Perplexity is a strong proxy for unsupervised weight selection in LRL: PPL-selected weights closely track the Upper Bound and outperform ENT, offering a practical engineering solution when labels are missing.
High leverage of small model CPT: A 1.5B CPT model combined with a 14B off-the-shelf ins model yields a 4.9% gain over the 14B model alone, effectively saving the compute required to CPT the 14B model.
Task type sensitivity: TriMix shows the largest gains in generative tasks (LRL-G, ENG-G). Gains in MC (Multiple Choice) are smaller, as MC relies more on retrieval than linguistic fluency.
Divergence-from-base explains LRL weight demand: The optimal \(\beta\) increases as the divergence between the CPT model and the base distribution grows (deeper LRL adaptation), providing a quantifiable metric for when to weight the small CPT model more heavily.

Highlights & Insights¶

Three-source decomposition + coefficient coupling: Upgrades logit fusion from simple model addition/subtraction to a controllable linear combination of three sources of capability. The algebraic elimination of the large base via \(\gamma = \alpha\) is an elegant engineering step.
Challenging Proxy Tuning's default assumption: Provides one of the strongest counter-arguments in recent logit arithmetic literature by showing that the "large model must be the primary signal" intuition is false in specific domains.
No annotations, plug-and-play: Requires no task-level LRL labels, reducing the cost of data preparation to nearly zero, which is highly beneficial for real-world LRL communities.
PPL weight selection paradigm: Using "PPL on prompt" as a free proxy for weight selection is a technique that can be readily adopted by other inference-time fusion studies.

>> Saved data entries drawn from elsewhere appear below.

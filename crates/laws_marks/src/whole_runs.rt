//! The laws.
ghost use Rattle.laws_marks.specs.Accepted.{ReadMarksHold, ReadRunsAsPlain};

use crate::dead_variables::{
    directive_names_are_copied, directive_names_stand, marked_loops_are_dead, units_stand,
};
use crate::inactive_units::{calls_end, inactive_units_have_none, variables_have_types};
use crate::known_loops::marked_loops_are_known;
use crate::reduction_variables::{locals_stay_apart, stores_stay_in_range};
use crate::{loops_begin, loops_hold, reduced_loops_hold};
use laws_interleavings::{
    long_schedules_end, marked_programs_are_strict, marked_runs_agree, marks_are_forgotten,
};

/// Of every program that is read, with directives of which each says what was found: in each run that comes to its end without a fault, at each execution of a DO with a
/// directive, the iterations of its loop may be interleaved, each with private units and copies of reduction variables of its own, and the rest of the run reads nothing that the
/// loop loses before it writes it.
pub fn read_marks_hold()
    ensures { ReadMarksHold }
{
    loops_begin();
    loops_hold();
    reduced_loops_hold();
    directive_names_are_copied();
    variables_have_types();
    calls_end();
    inactive_units_have_none();
    directive_names_stand();
    marked_loops_are_dead();
    marked_loops_are_known();
    units_stand();
    locals_stay_apart();
    stores_stay_in_range();
}

/// So each such run, its marked loops interleaved by whatever schedule and the copies of reduction variables combined in whatever order, ends as the plain one does: it never faults, prints the same, takes the same input, and each unit that
/// has a value in the end has that of the plain run; only a unit of the variable of a marked DO, or of a PRIVATE name, may have lost its value. A schedule may be too short; then no
/// iteration faulted, and what was printed is the beginning of what the plain run prints.
pub fn read_runs_do_as_plain()
    ensures { ReadRunsAsPlain }
{
    marked_runs_agree();
    long_schedules_end();
    marks_are_forgotten();
    marked_programs_are_strict();
    variables_have_types();
    read_marks_hold();
}
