//! What is known of loops holds in the runs of programs that are read.
ghost use Rattle.laws_marks.specs.ConflictAccepted.{CopiesAreSole, ReadLoopsHold};
ghost use Rattle.laws_marks.specs.ConflictIterations.{IterationsAreParts};

use in_out_regions::region_translation::links_hold;
use laws_analyses::{accepted_data_stays_in_locals, jumps_stay_inside, names_agree, program_holds};

/// In every run of a program that is read, up to its first fault, and for each execution of a DO: where an iteration begins, what is known of it holds, and cells that
/// the body does not change have the numbers that they had where the DO began; what an iteration reads, or writes, lies in the READ, or WRITE, regions of the body, and
/// what it reads before it writes it in the IN regions; where `conflict` answers None for a variable, no unit is accessed by an earlier and a later iteration as the
/// kinds say that lies in the WRITE region of the variable where one that so writes it begins; and where `may_be_private` answers Yes for a variable that no other one
/// overlaps, no iteration reads a unit of it before it writes it.
pub fn read_loops_hold()
    ensures { ReadLoopsHold }
{
    names_agree();
    accepted_data_stays_in_locals();
    jumps_stay_inside();
    program_holds();
    links_hold();
}

/// In a program that is read no other variable of its module overlaps one whose name allows copies.
pub fn copies_are_sole()
    ensures { CopiesAreSole }
{}

/// What an iteration does is a part of what its DO does, and it ends normally, or as the DO does.
pub fn iterations_are_parts()
    ensures { IterationsAreParts }
{}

Limitations & Future Work¶

The \(\gamma = \alpha\) coupling is a compromise for "engineering practicality"; theoretically, relaxation could lead to higher performance. Incorporating the large base without excessive VRAM is a future direction.
CPT remains a necessary step, making it inapplicable for ultra-low resource languages with zero raw corpora.
Experiments focused on Llama/Qwen/Gemma families; MoE (Mixture-of-Experts) models were not covered, and their fusion behavior might differ.
Evaluation relied on MiLiC-Eval, Belebele, and SIB-200; open-ended human evaluation was not conducted. Fine-grained evaluation of LRL generation quality remains a challenge.
The discrete granularity of the weight search grid might limit the potential of the Upper Bound; future work could use continuous optimization (e.g., token-level dynamic gating).

vs. Proxy Tuning (Liu 2024): Both perform fusion in the logit domain, but Proxy Tuning treats the large model as primary and the small as a delta. TriMix reverses this and adds "task + scaling" channels, performing better in LRL.
vs. Model Merging (Tao 2024, TIES): Requires identical architectures and sizes, and scaling necessitates CPT on the large model. TriMix allows for architectural mismatch and leverages scaling via small model CPT.
vs. Contrastive Decoding (Li 2023): CD uses small-cpt − small-base to enhance language capabilities but lacks a large model. TriMix explicitly integrates a large-ins model for task and scaling benefits with dynamic weights.
Inspiration: TriMix can be applied to any "small expert + generalist" scenario (medical, legal, vertical agents). Vertical capabilities can be \(\delta_L\), task skills \(\delta_T\), and scaling \(\delta_S\), with PPL/ENT selecting weights online.

Rating¶

Novelty: ⭐⭐⭐⭐ Three-source decomposition + \(\gamma = \alpha\) elimination + PPL selection + Disproving "large-dominant" assumption. Individually incremental, but collectively highly creative.
Experimental Thoroughness: ⭐⭐⭐⭐⭐ 4 model families × 8 LRLs × multiple large scales × 3 weight strategies. Very solid coverage.
Writing Quality: ⭐⭐⭐⭐ Clear mathematical derivations, intuitive architecture diagrams; some ablations rely heavily on the Appendix.
Value: ⭐⭐⭐⭐⭐ Highly practical for compute-limited LRL communities and offers a methodological shift for future logit-fusion research.